9.30.2005

Faster by the second

How fast in the news business changing? Consider these links I ran across just this morning.

Me and my mic: Kevin Sites is the ultimate backpacker journalist. Toting his gear from war zone to disaster area to border conflict, uploading video via cameraphone and talking to people on the ground, he's a walking one-man TV crew.

Follow your nose: A site now allows you to paw through headlines in a spider web fashion, rather than plain-old news columns up and down. Fascinating and time-wasting, but still fascinating. A thesaurus version of this idea has been around for a while.

Citizen journalists: That's what CNN calls them, those people who get video of plane crashes and hurricanes blowing through, then send in the tape. Increasingly, the video is just turning up online, randomly.

Citizen editors: Esquire let people edit a story on the Wikipedia site, which hundreds and hundreds did. Why write a letter to the editor? Edit the damn thing yourself.

9.29.2005

Long lead times?

Don't hand me that. A good reporter sees the big story coming and reports it, no matter how long our publishing delay might be.

The New York Times had a nice story today, well-reported, about how Pemex needs to spend now or face the music when the Cantarell oilfield dies. Given how much of Mexico's public budget is based on Pemex making money, that's a big deal.

Mexico City Correspondent Marisol Rueda is all over Pemex in our July issue, including statements from Pemex head Luiz Ramírez Corzo and quotes from ExxonMobil and Petrobras on the issue of future deals. Great, industrial-strength reporting makes news happen.

Great work, Marisol!

9.12.2005

September is out!

Lots of good copy in September to talk about, first and foremost the temporary return of longtime correspondent Joshua Goodman (stateside now) to our pages with a great example of how to turn the big national story into a Latin Trade piece. Barrick's plans to tear up a glacier for the gold underneath is not news in BA and probably not in Chile, either, but Josh puts a great analytic spin on it by talking to the right people: The mine, of course, but also environmentalists against the plan, mining investment experts and nationals on the ground.

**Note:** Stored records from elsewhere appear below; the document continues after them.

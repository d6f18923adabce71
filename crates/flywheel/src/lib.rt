//! Bridging dropouts: the frames of the words that were heard, and of those that were not.
//!
//! A word of linear time code is heard at the tick at which it ends, and its length is that of a
//! frame. If no word comes, the flywheel goes on at the pace and in the direction of the last one:
//! half a length after a frame should have been heard, that frame is due, and is invented. After
//! `limit` invented frames in a row the time code is gone until the next word. A word that goes on
//! from the one before it, after the frames invented in between, is joined to it. The rule is
//! this project's own.
//!
//! What this crate promises:
//! - `Flywheel::due`, `passed` and `heard` answer exactly (their clauses; `specs/Wheel.antt`).
//! - Called at rising ticks, `passed` until it gives none and then `heard` for a word, a flywheel gives
//!   the frames of the words so far (`specs/Frames.antt`, `frames`), without keeping the words
//!   (`specs/StandsFor.antt`, clause `stands`).
//! - Between two heard frames, and after the last, there are at most `limit` invented ones, with the steps
//!   1, 2 and so on, and the heard frames are exactly the words (`laws`; `specs/Marked.antt`).
//! - The frames up to a tick come first, whatever words are heard at it or later (`laws`).
//!
//! Read `heard`, `frame` and `wheel`, in this order, and `specs/Frames.antt` and `StandsFor.antt`
//! beside them. `quarter_frame` makes MIDI bytes of the frames. Nothing here allocates or fails.
#![tactic(auto)]

mod frame;
mod heard;
pub mod laws;
mod wheel;

pub use frame::Frame;
pub use heard::HeardWord;
pub use wheel::Flywheel;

Departed intern Rachel Hatzipanagos, now studying in her third year at the University of Central Florida, found a nice trend story in the so-called BRIC economies: Brazil, India, Russia, China. Not so much that there is such a thing, but that companies are starting to talk about them as a coherent sales geography. An academic idea is becoming a market reality, and sourcing here makes the difference. It's not professors jabbering about what might be, but real companies making plans now for what will be.

Ecuador Correspondent Marí­a Elena Verdezoto nails a great regional trend from Quito: the rise of the three-stars. Latin American business travelers have long had to content themselves with five stars or nothing, which might be fun for the exec but is bad news for medium-sized companies trying to grow. French chain Accor saw demand, and Ma. Elena saw a story. Good work!

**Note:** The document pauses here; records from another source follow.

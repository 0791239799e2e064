//! Populations: which clients and replicas a trace may name.
use bfs_testing::asserts::compared;
use bfs_testing::{holds, same};
use bfs_trace::{Population, Request, Trace, TraceError, TraceEvent, parse_trace};
use std::alloc::Global;
use std::test::Fail;

/// Reads a trace of 16 clients and one replica.
pub(crate) fn parse_alone(alloc: Global, text: &[u8]) -> Result<Trace, TraceError> {
    match Population::new(16, 1) {
        Some(population) => parse_trace(alloc, text, population),
        None => unreachable!(),
    }
}

/// The requests of the only block of a trace.
pub(crate) fn only_requests(events: &[TraceEvent]) -> &[Request] {
    match events {
        [TraceEvent::Block(block)] => block.requests(),
        _ => &[],
    }
}

// how many clients and replicas, and whether there may be so many
static NUMBERS: [(u32, u32, bool); 6] = [
    (1, 1, true),
    (1_024, 31, true),
    (0, 1, false),
    (1, 0, false),
    (1_025, 31, false),
    (1_024, 32, false),
];

// how many there are of a population of so many
fn counts_of(clients: u32, replicas: u32) -> Option<(u32, u32)> {
    let population = Population::new(clients, replicas)?;
    Some((population.clients(), population.replicas()))
}

fn first_wrong_numbers() -> Option<(u32, u32)> {
    for (clients, replicas, may_be) in &NUMBERS {
        let wanted = if *may_be {
            Some((*clients, *replicas))
        } else {
            None
        };
        if counts_of(*clients, *replicas) != wanted {
            return Some((*clients, *replicas));
        }
    }
    None
}

#[test]
fn has_at_most_1024_clients_and_31_replicas(rt: HostRuntime) -> Result<(), Fail> {
    same!(rt; first_wrong_numbers(), None);
    Ok(())
}

/// The first line at fault of a trace of so many clients and replicas, or 0.
fn line_at_fault(alloc: Global, clients: u32, replicas: u32, text: &str) -> Result<usize, Fail> {
    let population = Population::new(clients, replicas).ok_or("population")?;
    match parse_trace(alloc, text.as_bytes(), population) {
        Ok(_) => Ok(0),
        Err(TraceError::BadLine(number)) => Ok(number),
        Err(TraceError::Memory) => Err(Fail::from("memory")),
    }
}

/// How many clients and replicas there are, a trace, and its first line at fault, or 0.
struct Case(u32, u32, &'static str, usize);

fn first_wrong(alloc: Global, cases: &[Case]) -> Result<Option<&'static str>, Fail> {
    for Case(clients, replicas, text, line) in cases {
        if line_at_fault(alloc, *clients, *replicas, *text)? != *line {
            return Ok(Some(*text));
        }
    }
    Ok(None)
}

static CLIENTS: [Case; 6] = [
    Case(1, 1, "batch 1.000000\n0 1 null\n", 0),
    Case(1, 1, "batch 1.000000\n1 1 null\n", 2),
    Case(16, 1, "batch 1.000000\n15 1 null\n", 0),
    Case(16, 1, "batch 1.000000\n16 1 null\n", 2),
    Case(1_024, 1, "batch 1.000000\n1023 1 null\n", 0),
    Case(1_024, 1, "batch 1.000000\n1024 1 null\n", 2),
];

#[test]
fn names_clients_below_their_number(rt: HostRuntime) -> Result<(), Fail> {
    Ok(compared(first_wrong(rt.alloc(), &CLIENTS)?, None)?)
}

static REPLICAS: [Case; 20] = [
    Case(16, 1, "silent 0\n", 0),
    Case(16, 1, "heard 0\n", 0),
    Case(16, 1, "silent 1\n", 1),
    Case(16, 1, "heard 1\n", 1),
    Case(16, 2, "silent 1\n", 0),
    Case(16, 2, "heard 1\n", 0),
    Case(16, 2, "silent 2\n", 1),
    Case(16, 2, "heard 2\n", 1),
    Case(16, 31, "silent 30\n", 0),
    Case(16, 31, "heard 30\n", 0),
    Case(16, 31, "silent 31\n", 1),
    Case(16, 31, "heard 31\n", 1),
    Case(16, 4, "silent\n", 1),
    Case(16, 4, "silent 0 1\n", 1),
    Case(16, 4, "heard +1\n", 1),
    Case(16, 4, "Heard 1\n", 1),
    Case(16, 4, "timeout 1\n", 1),
    Case(16, 4, "timeouts\n", 1),
    // within a block
    Case(16, 4, "batch 1.000000\nheard 3\n0 1 null\n", 3),
    Case(16, 4, "batch 1.000000\ntimeout\n0 1 null\n", 3),
];

#[test]
fn names_replicas_below_their_number(rt: HostRuntime) -> Result<(), Fail> {
    Ok(compared(first_wrong(rt.alloc(), &REPLICAS)?, None)?)
}

/// `.ci/refusals` runs this one with each growth of memory refused in turn.
#[test]
fn reads_who_is_silent_between_blocks(rt: HostRuntime) -> Result<(), Fail> {
    let population = Population::new(16, 4).ok_or("population")?;
    let text = b"silent 3\nbatch 1.000000\n0 1 null\nheard 3\ntimeout\n";
    let trace = parse_trace(rt.alloc(), text, population)?;
    let is_read = matches!(
        trace.events(),
        [
            TraceEvent::Silent(3),
            TraceEvent::Block(_),
            TraceEvent::Heard(3),
            TraceEvent::Timeout
        ]
    );
    holds!(rt; is_read);
    Ok(())
}

// the call of the last client there may be, whose uid is 2,023
const LAST_CLIENT: &[u8] =
    b"batch 1.000000\n1023 1 null\n0 1 raw 000000010000000000000002000186a30000000200000000000000010000001c00000000000000067265706c61790000000007e700000064000000000000000000000000\n";

#[test]
fn spells_calls_of_each_client(rt: HostRuntime) -> Result<(), Fail> {
    let population = Population::new(1_024, 1).ok_or("population")?;
    let trace = parse_trace(rt.alloc(), LAST_CLIENT, population)?;
    let is_same = match only_requests(trace.events()) {
        [null, raw] => null.call() == raw.call(),
        _ => false,
    };
    holds!(rt; is_same);
    Ok(())
}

News Editor Forrest Jones is quickly becoming king of the one-off interview that spins into a great story later. Traveling in Mexico he lucked into a chat with a little drug company. Turns out they have a cheap, reliable antidote for scorpion stings, while across the border in the United States it takes thousands of dollars of intensive care to sort out what could have been a one-dose, go home situation. (Which begins to explain the ridiculous cost of health care in the United States.) Jones got this on the fly while traveling, then tracked his other sources down on the phone in Miami. He did something similar last year, talking with Brazilian digital-projector sellers. Moral: Great stories are everywhere, if you can see them.

Finally, Ricardo Castillo nails the coming Central America story by providing a great, source-laden review of the moves by big foreign banks in the last large, coherent market left in the region. The key here was to get bankers talking, and he does. An excellent snapshot of a five-country market that slights none and captures the moves of the biggest dollars so far.

Baby Katerina

Congratulations to Lima Correspondent Lisa Wing, who delivered a healthy, 8.1 lb (3.675 kg) baby girl on Saturday, August 27 at noon. Her name is Katerina.

Lisa says she's exhausted but thrilled, as is husband Mark.

9.02.2005

Pending payments

If you did work published in any edition in May or June 2005 (or earlier) and have not been paid, please let me know as soon as you can the following and, really, only the following:

1) slug (such as "fe mac0505")

and

2) your invoice number

Send me this data in an e-mail to me and only me at gbrown@latintrade.com and put the word

pago

in the subject line please.

If you did work published in July or later, please bear in mind that your checks will be cut and sent 75 days after publication. The first July payments will be en route by Sept. 15. Thanks for your patience.